Este tipo de embriones se conoce técnicamente como
"quimeras", y
habitualmente se producen mediante la transferencia de un
núcleo de una célula humana adulta a un
óvulo,
procedente de otro animal, al que se le ha extraído
su propio núcleo. El genoma del embrión
resultante es humano prácticamente en su totalidad:
únicamente el genoma mitocondrial procede del animal.
Ante la opinión pública mayoritariamente
contraria a este tipo de experimentos, los científicos que
quieren llevarlos a cabo se han apresurado a aclarar que no pretenden
desarrollar esos embriones hasta el final, sino utilizarlos para
obtener
células
madre embrionarias, lo que necesariamente implica la
destrucción de los embriones. De esta manera, si se utilizan
células humanas procedentes de pacientes, dichas
células madre podrían utilizarse para estudiar
mejor la enfermedad que padecen. Los defensores de estas
técnicas añaden que, además, esto
podría resolver uno de los grandes problemas de las
técnicas de clonación usadas para obtener
células madre embrionarias, que es la escasez de
óvulos humanos.
Además de la oposición de la mayoría
de los ciudadanos encuestados al respecto, en círculos
científicos también se ha insistido en que se
trata de un tema delicado en el que es crucial establecer
límites éticos claros. Por ejemplo, un
editorial aparecido en la
revista
Nature
hace un llamamiento a los científicos implicados, para que
consigan encontrar el equilibrio entre los aspectos
éticos y los beneficios derivados de estos procedimientos.

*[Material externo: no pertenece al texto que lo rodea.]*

//! A file that is replaced by a new one, by a rename.

use crate::beside::{Beside, make};
use crate::folder::{Folder, identity_of};
use crate::in_place::{has_bytes, has_rest, write_over};
use crate::link::split_path;
use crate::patient;
use file_tree::fault::TreeFault;
use file_tree::kind::Identity;
use file_tree::mode::new_mode;
use file_tree::tree::{Replaced, Writing};
use std::fs::{File, Metadata, OpenOptions, Permissions};
use std::io::Write;
use std::os::unix::fs::{MetadataExt, PermissionsExt};
use std::time::SystemTime;

/// The bytes that a file must still have, and its new bytes.
#[derive(Clone, Copy)]
pub struct Texts<'a> {
    pub old: &'a [u8],
    pub new: &'a [u8],
}

/// A file that was read: its path, and its identity.
#[derive(Clone, Copy)]
pub struct Origin<'a> {
    pub path: &'a str,
    pub identity: Identity,
}

/// A file that is to be replaced.
#[derive(Drop)]
pub struct Old<'a> {
    /// The path, which begins with the front of its folder.
    pub path: &'a str,
    pub bytes: &'a [u8],
    pub metadata: Metadata,
}

/// The bytes that a new file gets, and whether it is on the disk before the next one is looked at.
#[derive(Clone, Copy)]
struct Contents<'a> {
    bytes: &'a [u8],
    sync: bool,
}

/// The rights that a new file has from the old one.
#[derive(Clone, Copy)]
struct Kept {
    owner: bool,
    group: bool,
}

/// Gives a new file the owner and the group of the old one, or the group alone if only that is allowed.
fn give_owner(beside: &Beside, old: &Metadata) -> Kept {
    let own = beside.metadata();
    let uid = old.uid();
    let gid = old.gid();
    let is_kept = own.uid() == uid && own.gid() == gid;
    if is_kept || patient::give(beside.file(), Some(uid), gid).is_ok() {
        return Kept {
            owner: true,
            group: true,
        };
    }
    Kept {
        owner: own.uid() == uid,
        group: own.gid() == gid || patient::give(beside.file(), None, gid).is_ok(),
    }
}

/// Gives a new file its bytes, and the owner and the mode of the old one. If the owner can't be given, the new file
/// belongs to the caller, and runs with nobody else's rights. Root may give a file any owner: if that fails, as beyond
/// a quota, the file isn't replaced. Returns whether the group was kept.
fn fill(
    beside: &Beside,
    folder: &Folder,
    old: &Old<'_>,
    new: Contents<'_>,
) -> Result<bool, TreeFault> {
    if !folder.is_safe(beside.metadata().uid(), old.metadata.uid()) {
        return Err(TreeFault::NoneBeside);
    }
    let made = beside.file();
    let mut to = made;
    if to.write_all(new.bytes).is_err() {
        return Err(TreeFault::NotWritten);
    }
    let old_mode = old.metadata.permissions().mode() & 0o7777;
    let kept = give_owner(beside, &old.metadata);
    if !kept.owner && beside.metadata().uid() == 0 {
        return Err(TreeFault::OwnerNotKept);
    }
    let mode = new_mode(old_mode, kept.owner, kept.group);
    if made.set_permissions(Permissions::from_mode(mode)).is_err() {
        return Err(TreeFault::NotWritten);
    }
    if new.sync && made.sync_all().is_err() {
        return Err(TreeFault::NotWritten);
    }
    Ok(kept.group)
}

/// Whether a file is unchanged between two readings of its metadata, as far as its times show.
fn is_same(one: &Metadata, other: &Metadata) -> bool {
    identity_of(one) == identity_of(other)
        && one.len() == other.len()
        && one.mtime() == other.mtime()
        && one.mtime_nsec() == other.mtime_nsec()
        && one.ctime() == other.ctime()
        && one.ctime_nsec() == other.ctime_nsec()
}

/// Whether the old file's name in the folder still leads to the file as it was opened.
fn is_there(rt: &HostRuntime, old: &Old<'_>) -> bool {
    match patient::symlink_metadata(rt, old.path) {
        Ok(now) => is_same(&now, &old.metadata),
        Err(_) => false,
    }
}

/// Fills a new file and renames it over the old one, if that is unchanged. The old name is checked last: changes that
/// another program saves after that are lost.
fn put_in_place(
    rt: &HostRuntime,
    beside: &Beside,
    folder: &Folder,
    file: &mut File,
    old: &Old<'_>,
    new: Contents<'_>,
) -> Result<Replaced, TreeFault> {
    let has_group = fill(beside, folder, old, new)?;
    if !has_bytes(file, old.bytes, old.metadata.len()) {
        return Err(TreeFault::Changed);
    }
    if !beside.is_there(rt) {
        return Err(TreeFault::NotWritten);
    }
    if !is_there(rt, old) {
        return Err(TreeFault::Changed);
    }
    if !beside.put_over(rt, old.path) {
        return Err(TreeFault::NotReplaced);
    }
    Ok(if has_group {
        Replaced::Kept
    } else {
        Replaced::Narrowed
    })
}

/// Makes a file beside the old one, and replaces the old one by it. If this fails, the new file is removed.
fn replace_by_new(
    rt: &HostRuntime,
    folder: &Folder,
    file: &mut File,
    old: &Old<'_>,
    new: Contents<'_>,
    began: Option<SystemTime>,
) -> Result<Replaced, TreeFault> {
    let beside = make(rt, folder, began)?;
    match put_in_place(rt, &beside, folder, file, old, new) {
        Ok(_) if new.sync && !folder.sync() => Err(TreeFault::NotSynced),
        Ok(replaced) => Ok(replaced),
        Err(fault) => {
            beside.remove(rt);
            Err(fault)
        }
    }
}

/// Opens the file that was read, by its path. If a pipe has replaced it, opening for both reading and writing doesn't
/// wait for it.
fn open_old(rt: &HostRuntime, origin: Origin<'_>) -> Result<(File, Metadata), TreeFault> {
    let Ok(file) = OpenOptions::new()
        .read(true)
        .write(true)
        .open(rt, origin.path)
    else {
        return Err(TreeFault::NotWritable);
    };
    match patient::open_metadata(&file) {
        Ok(metadata) if identity_of(&metadata) == origin.identity => Ok((file, metadata)),
        Ok(_) => Err(TreeFault::Changed),
        Err(_) => Err(TreeFault::Unreadable),
    }
}

/// Replaces a file in its folder, if it is the one that was read and still has its old bytes. The run began at `began`.
/// Whether the folder has the file is checked before anything is made there: so the owner of the old file is given the
/// new one only if he already has a file with the same bytes.
pub fn replace(
    rt: &HostRuntime,
    folder: &Folder,
    origin: Origin<'_>,
    texts: Texts<'_>,
    writing: Writing,
    began: Option<SystemTime>,
) -> Result<Replaced, TreeFault> {
    let front = folder.front();
    let name = split_path(origin.path).1;
    let Ok(path) = format!(in rt.alloc(); "{front}{name}") else {
        return Err(TreeFault::OutOfMemory);
    };
    let (mut file, metadata) = open_old(rt, origin)?;
    let old = Old {
        path: path.as_str(),
        bytes: texts.old,
        metadata,
    };
    if !has_rest(&mut file, old.bytes, old.metadata.len()) || !is_there(rt, &old) {
        return Err(TreeFault::Changed);
    }
    let new = Contents {
        bytes: texts.new,
        sync: writing.sync,
    };
    match replace_by_new(rt, folder, &mut file, &old, new, began) {
        Err(TreeFault::NoneBeside | TreeFault::OwnerNotKept | TreeFault::NotReplaced)
            if writing.in_place => {
            if !has_bytes(&mut file, old.bytes, old.metadata.len()) || !is_there(rt, &old) {
                return Err(TreeFault::Changed);
            }
            write_over(&mut file, texts.old, texts.new, writing.sync)?;
            Ok(Replaced::Kept)
        }
        done => done,
    }
}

Por otro lado, la necesidad de llevar a cabo estos
experimentos no está del todo clara, especialmente
después de los avances obtenidos en la
reprogramación
de células adultas mediante factores del oocito. Como se
explica en otro
comentario
de
a
ciencia
cierta, estudios recientes han demostrado la posibilidad
de obtener directamente células madre con
características muy similares a las células madre
embrionarias, sin necesidad de crear embriones ni utilizar
óvulos. Precisamente, uno de los temores suscitados en el
editorial de
Nature
antes citado es que la generación de quimeras provoque un
grado de rechazo social que impida también el avance en los
experimentos de reprogramación.
Javier Novo.
Departamento de Genética.
- La noticia de
la BBC puede encontrarse aquí.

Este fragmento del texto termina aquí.